Wednesday, September 5, 2012

The "Family's" View on Heaven

I was switching from DVD to television a few days ago when, just in time, I heard Steve Harvey offer this statement: “Name something you’d like to do all day long if you go to heaven.”  It had been years since I watched Family Feud.  In fact, I think Richard Dawson was still kissing all the women the last time I saw an episode; but the topic itself was enough to make me settle in for a minute and wait for the top 8 answers.

Immediately, the oldest son from family #1 hit the buzzer: “Sing!”  And sure enough, it was there … but only in the next to last place (#7) – which meant the oldest son from family #2 got his shot.  “Sleep!”  Bingo.  # 1 answer.  Really?

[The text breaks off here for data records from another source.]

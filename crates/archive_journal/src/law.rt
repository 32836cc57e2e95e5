//! What the definitions of a journal's file say of every file.
ghost use Rattle.std.specs.Prelude.{◌≡◌, ℕ, List};
ghost use Rattle.archive_journal.specs.Frames.{IsBytes, Reading, Describes, reading_of};
ghost use Rattle.archive_journal.specs.Journal.{gate_of};

/// Every file of bytes is a journal of one list of payloads, or is damaged at one offset, or is no journal;
/// and `reading_of` says which. Of these readings no second one describes the file.
pub fn a_file_reads_in_one_way()
    ensures right { (file : List ℕ) → IsBytes file → Describes (reading_of file) file }
    ensures only { (file : List ℕ) (reading : Reading) → Describes reading file → reading_of file ≡ reading }
{}

/// The first gate stands behind the magic, also where there is no payload.
pub fn the_first_gate_stands_at_16()
    ensures { (payloads : List (List ℕ)) → gate_of payloads 1 ≡ 16 }
{}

The guessing continued.  “Eat” (#5). 

“Be with dead family” (#2). 

“Play” (X). 

“Read/learn” (#3)

“Boink” [a.k.a. sex] (#8) … I cringed when the young woman said, “And if not, I don’t want to go there.”

“Chill with God” (#4) … their words, not mine.

“Watch TV” (XX)

And finally, “Be at peace” (#6).

Of the 10 answers given, I think all but two or three of them are viable options.  (I’ll let you make your own deductions.)  I also have to admit my shock that "worship" didn't make the list.  But if anything the secular world might have on the Christian concerning the concept of heaven, it might be their belief that heaven is actually a fun place to be. 

You know, the enemy need not convince us that Heaven doesn’t exist.  He only needs to persuade us that Heaven is monotonous and dull, because if he can do that, not only will we be robbed of the joy and anticipation, we’ll also be tempted to set our minds on this life and not the “one to come.”  We might be drawn to sit inside and watch game shows and sitcoms rather than marvel at the night sky with a million stars.  Or be lured to hang on to earthly treasures rather than give them away.  Or be tempted to engage in trivialities and petty arguments rather than invest in what’s eternal – such as people’s lives.  Besides, how excited can one actually get about sharing the “good news” of a boring place ... a place to which even we are not looking forward?

Hmm.  Maybe setting my mind on heaven is a discipline I need to employ a little more often.  You?